_EXERCISE OBJECTIVE_
All lines of the entries with "else" in them must be listed.

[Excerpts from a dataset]
□ □ □

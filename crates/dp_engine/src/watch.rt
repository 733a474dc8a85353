//! Where control goes after an instruction, and watchers of node runs.
ghost use Rattle.std.specs.Prelude.{◌≡◌, ◌+◌, Some, if◌then◌else◌};
ghost use Rattle.dp_engine.specs.Steps.{label_after, IsOnOrTo};
ghost use Rattle.dp_engine.specs.Watching.{TurnsAreRuns};

use crate::view::View;
use dp_model::Entry;

/// Where an instruction led.
#[derive(Clone, Copy)]
pub enum Way {
    /// To the instruction after it.
    On,
    /// To the instruction of this label, by a jump that was taken.
    To(u16),
    /// Out of the node run, which ends.
    Out,
    /// Nowhere: its jump is the first backward one beyond the budget, so the node run is cut.
    Cut,
}

// Jumps to the label if the test passes, else goes on.
#[inline(always)]
pub(crate) fn branch(test: bool, to: u16, label: usize) -> Way
    ensures leads { label_after label result ≡ Some (if test then to else label + 1) }
    ensures names { IsOnOrTo to result }
{
    if test { Way::To(to) } else { Way::On }
}

/// Watches node runs, instruction by instruction.
///
/// Contracts see how each event that a watcher is shown changes it.
pub trait Watch {
    ghost use Rattle.std.specs.Prelude.{◌<◌};
    ghost use Rattle.dp_lang.specs.declared.program.TheConstants.{MAX_INSTRS};
    ghost use Rattle.dp_engine.specs.Watching.{Event, Began, Ran, IsOneOfEight};

    // Relates the watcher before an event to the watcher after it.
    ghost sees: { Self → Event → Self → Type 0 };

    /// A node run of this node begins. The view is of the machine before the first instruction.
    fn begin(&mut self, node: Entry, view: View<'_>)
        requires { IsOneOfEight node }
        ensures { sees self.old (Began node view.entry.state) self.new };

    /// The instruction at this label ran and led that way. The view is of the machine after it; if the node run is cut, before its packets are
    /// freed.
    fn see(&mut self, label: u16, way: Way, view: View<'_>)
        requires { label < MAX_INSTRS }
        ensures { sees self.old (Ran label way view.entry.state) self.new };
}

/// A watcher that does nothing. A run under it costs as much as a run that nobody watches.
#[derive(Clone, Copy)]
pub struct Silent;

impl Watch for Silent {
    ghost use Rattle.std.specs.Prelude.{⊤};

    ghost sees = { λ w e w'. ⊤ };

    #[inline(always)]
    fn begin(&mut self, _node: Entry, _view: View<'_>) {}

    #[inline(always)]
    fn see(&mut self, _label: u16, _way: Way, _view: View<'_>) {}
}

/// A law: the events that a watcher is shown of a turn are a sequence of whole node runs.
pub fn turns_are_runs()
    ensures { TurnsAreRuns }
{}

□ □ □

_WRITTEN ANSWER_
ghost use Rattle.std.specs.Prelude.{◌≡◌, ◌+◌, Some, if◌then◌else◌};
// Jumps to the label if the test passes, else goes on.
    ensures leads { label_after label result ≡ Some (if test then to else label + 1) }
    if test { Way::To(to) } else { Way::On }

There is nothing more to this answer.